Chen Chen
Publications
TextBFGS: Quasi-Newton Optimization for Discrete Executable Text via Gradient-Operator Retrieval
Optimizing discrete executable text such as prompts and code has recently been framed as a gradient-based process, effectively translating backpropagation concepts to the semantic space. However, existing methods predominantly operate as first-order optimizers akin to Stochastic Gradient Descent, which are suffering from slow convergence and instability because they neglect the semantic curvature of the optimization landscape. To bridge this gap, we introduce TextBFGS, a second-order framework to implement a Quasi-Newton optimization method for discrete text. Unlike traditional memory-based approaches that retrieve similar textual instances, TextBFGS approximates the inverse Hessian matrix by retrieving Gradient-Operators from the memory of pre-learned successful trajectories. Specifically, given a textual gradient feedback, TextBFGS identifies historical correction patterns from the optimization knowledge base and tries to apply these abstract operators to the current variable. This mechanism enables a One-Pass Update, combining feedback generation and second-order correction into a single inference step. Empirical evaluations on code optimization across diverse domains (e.g., HumanEval, MBPP) demonstrate that TextBFGS significantly outperforms first-order baselines. It achieves superior pass rates with fewer model calls and exhibits strong cross-task transferability, thus establishes a mathematically grounded paradigm for efficient, memory-aware text optimization.

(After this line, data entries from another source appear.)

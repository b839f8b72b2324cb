// A client that asks.
use peg_io::{MemorySink, MemorySource, MemoryWire, Scripted};
use peg_name::{ClientId, Config, Seq};
use peg_node::ask;
use peg_session::End;
use std::alloc::Global;
use std::test::Fail;

// Client 0's write of x to the key k, its first operation, and the answer at version 1.
const WRITE: &[u8] = b"PG\x01\x02\0\0\0\0\0\0\0\0\0\x01\0\0\0\0\0\0\0\0\0\0\x01k\x01\0\x01x";

const WROTE: &[u8] = b"PG\x01\x06\0\0\0\0\0\0\0\0\0\x01\0\0\0\0\0\0\0\x01\0\0\x01k";

// Its read of that key, the second operation, and the answer.
const READ: &[u8] = b"PG\x01\x01\0\0\0\0\0\0\0\0\0\x02\0\0\0\0\0\0\0\0\0\0\x01k";

const GOT: &[u8] = b"PG\x01\x05\0\0\0\0\0\0\0\0\0\x02\0\0\0\0\0\0\0\x01\0\0\x01k\x01\0\x01x";

#[test]
fn a_write_is_answered_and_a_read_is_not(rt: HostRuntime) -> Result<(), Fail> {
    let alloc: Global = rt.alloc();
    let config = Config::make(1, 1, 1, 1, 1, 1, 1)?;
    let mut script = Vec::new(alloc);
    script.push(Scripted::Datagram(Vec::from_slice(alloc, WROTE)?))?;
    let input = Vec::from_slice(alloc, b"write k =x\nread k\n")?;
    let mut source = MemorySource::make(input, 4096, Vec::new(alloc));
    let mut sink = MemorySink::make(alloc, 4096, Vec::new(alloc));
    let mut wire = MemoryWire::make(alloc, script, Vec::new(alloc));
    let (client, first) = (ClientId(0), Seq(1));
    let end = ask(
        alloc,
        &config,
        7000,
        client,
        first,
        2,
        1,
        &mut source,
        &mut sink,
        &mut wire,
    );
    assert_eq!(rt; end, End::Done);
    assert!(rt; sink.written() == b"answered 1 version 1\nunanswered 2\n".as_slice());
    assert_eq!(rt; wire.port(0), Some(7128));
    assert_eq!(rt; wire.port(1), None);
    assert_eq!(rt; wire.sent(0), Some((0, 0, 7001, WRITE)));
    assert_eq!(rt; wire.sent(1), Some((1, 0, 7001, READ)));
    assert_eq!(rt; wire.sent(2), Some((2, 0, 7001, READ)));
    assert!(rt; wire.sent(3).is_none());
    Ok(())
}

// The answer of an earlier operation is passed over, and what was read is written.
#[test]
fn a_read_is_answered(rt: HostRuntime) -> Result<(), Fail> {
    let alloc: Global = rt.alloc();
    let config = Config::make(1, 1, 1, 1, 1, 1, 1)?;
    let mut script = Vec::new(alloc);
    script.push(Scripted::Datagram(Vec::from_slice(alloc, WROTE)?))?;
    script.push(Scripted::Datagram(Vec::from_slice(alloc, GOT)?))?;
    let input = Vec::from_slice(alloc, b"read k")?;
    let mut source = MemorySource::make(input, 1, Vec::new(alloc));
    let mut sink = MemorySink::make(alloc, 1, Vec::new(alloc));
    let mut wire = MemoryWire::make(alloc, script, Vec::new(alloc));
    let (client, first) = (ClientId(0), Seq(2));
    let end = ask(
        alloc,
        &config,
        7000,
        client,
        first,
        1,
        2,
        &mut source,
        &mut sink,
        &mut wire,
    );
    assert_eq!(rt; end, End::Done);
    assert!(rt; sink.written() == b"answered 2 version 1 =x\n".as_slice());
    assert_eq!(rt; wire.sent(0), Some((0, 0, 7001, READ)));
    assert!(rt; wire.sent(1).is_none());
    Ok(())
}

// Over pauses alone it sends as often as it may, two turns apart.
#[test]
fn it_tries_and_gives_up(rt: HostRuntime) -> Result<(), Fail> {
    let alloc: Global = rt.alloc();
    let config = Config::make(1, 1, 1, 1, 1, 1, 1)?;
    let input = Vec::from_slice(alloc, b"write k =x\n")?;
    let mut source = MemorySource::make(input, 4096, Vec::new(alloc));
    let mut sink = MemorySink::make(alloc, 4096, Vec::new(alloc));
    let mut wire = MemoryWire::make(alloc, Vec::new(alloc), Vec::new(alloc));
    let (client, first) = (ClientId(0), Seq(1));
    let end = ask(
        alloc,
        &config,
        7000,
        client,
        first,
        3,
        2,
        &mut source,
        &mut sink,
        &mut wire,
    );
    assert_eq!(rt; end, End::Done);
    assert!(rt; sink.written() == b"unanswered 1\n".as_slice());
    for tried in 0..3 {
        let turns = 2 * tried as u64;
        assert_eq!(rt; wire.sent(tried), Some((turns, 0, 7001, WRITE)));
    }
    assert!(rt; wire.sent(3).is_none());
    Ok(())
}

// With no turns to wait for, all sends are made at once; no number is left then.
#[test]
fn it_asks_without_waiting(rt: HostRuntime) -> Result<(), Fail> {
    let alloc: Global = rt.alloc();
    let config = Config::make(2, 1, 1, 1, 1, 1, 1)?;
    let input = Vec::from_slice(alloc, b"delete k\nread k\n")?;
    let mut source = MemorySource::make(input, 4096, Vec::new(alloc));
    let mut sink = MemorySink::make(alloc, 4096, Vec::new(alloc));
    let mut wire = MemoryWire::make(alloc, Vec::new(alloc), Vec::new(alloc));
    let (client, first) = (ClientId(0), Seq(u64::MAX - 1));
    let end = ask(
        alloc,
        &config,
        7000,
        client,
        first,
        2,
        0,
        &mut source,
        &mut sink,
        &mut wire,
    );
    assert_eq!(rt; end, End::Done);
    assert!(rt; sink.written() == b"unanswered 18446744073709551614\nspent\n".as_slice());
    let delete =
        b"PG\x02\x02\0\0\xff\xff\xff\xff\xff\xff\xff\xfe\0\0\0\0\0\0\0\0\0\0\x01k\0".as_slice();
    assert_eq!(rt; wire.sent(0), Some((0, 0, 7001, delete)));
    assert_eq!(rt; wire.sent(1), Some((0, 0, 7001, delete)));
    assert!(rt; wire.sent(2).is_none());
    Ok(())
}

// The second line is refused; the first one is carried out.
#[test]
fn lines_of_no_operation_are_refused(rt: HostRuntime) -> Result<(), Fail> {
    let alloc: Global = rt.alloc();
    let config = Config::make(1, 1, 1, 1, 1, 1, 1)?;
    let refused = [
        b"read 0 k".as_slice(),
        b"read".as_slice(),
        b"read ".as_slice(),
        b"write k x".as_slice(),
        b"delete k".as_slice(),
        b"resend".as_slice(),
        b"deliver 1".as_slice(),
        b"end".as_slice(),
        b"".as_slice(),
    ];
    for line in refused {
        let mut input = Vec::from_slice(alloc, b"read k\n")?;
        input.extend_from_slice(line)?;
        input.extend_from_slice(b"\nread k\n")?;
        let mut source = MemorySource::make(input, 4096, Vec::new(alloc));
        let mut sink = MemorySink::make(alloc, 4096, Vec::new(alloc));
        let mut wire = MemoryWire::make(alloc, Vec::new(alloc), Vec::new(alloc));
        let (client, first) = (ClientId(0), Seq(2));
        let end = ask(
            alloc,
            &config,
            7000,
            client,
            first,
            1,
            1,
            &mut source,
            &mut sink,
            &mut wire,
        );
        assert_eq!(rt; end, End::BadInput { line: 2 });
        assert!(rt; sink.written() == b"unanswered 2\n".as_slice());
        assert!(rt; wire.sent(1).is_none());
    }
    Ok(())
}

GUI-Eyes: Tool-Augmented Perception for Visual Grounding in GUI Agents
Recent advances in vision-language models (VLMs) and reinforcement learning (RL) have driven progress in GUI automation. However, most existing methods rely on static, one-shot visual inputs and passive perception, lacking the ability to adaptively determine when, whether, and how to observe the interface. We present GUI-Eyes, a reinforcement learning framework for active visual perception in GUI tasks. To acquire more informative observations, the agent learns to make strategic decisions on both whether and how to invoke visual tools, such as cropping or zooming, within a two-stage reasoning process. To support this behavior, we introduce a progressive perception strategy that decomposes decision-making into coarse exploration and fine-grained grounding, coordinated by a two-level policy. In addition, we design a spatially continuous reward function tailored to tool usage, which integrates both location proximity and region overlap to provide dense supervision and alleviate the reward sparsity common in GUI environments. On the ScreenSpot-Pro benchmark, GUI-Eyes-3B achieves 44.8% grounding accuracy using only 3k labeled samples, significantly outperforming both supervised and RL-based baselines. These results highlight that tool-aware active perception, enabled by staged policy reasoning and fine-grained reward feedback, is critical for building robust and data-efficient GUI agents.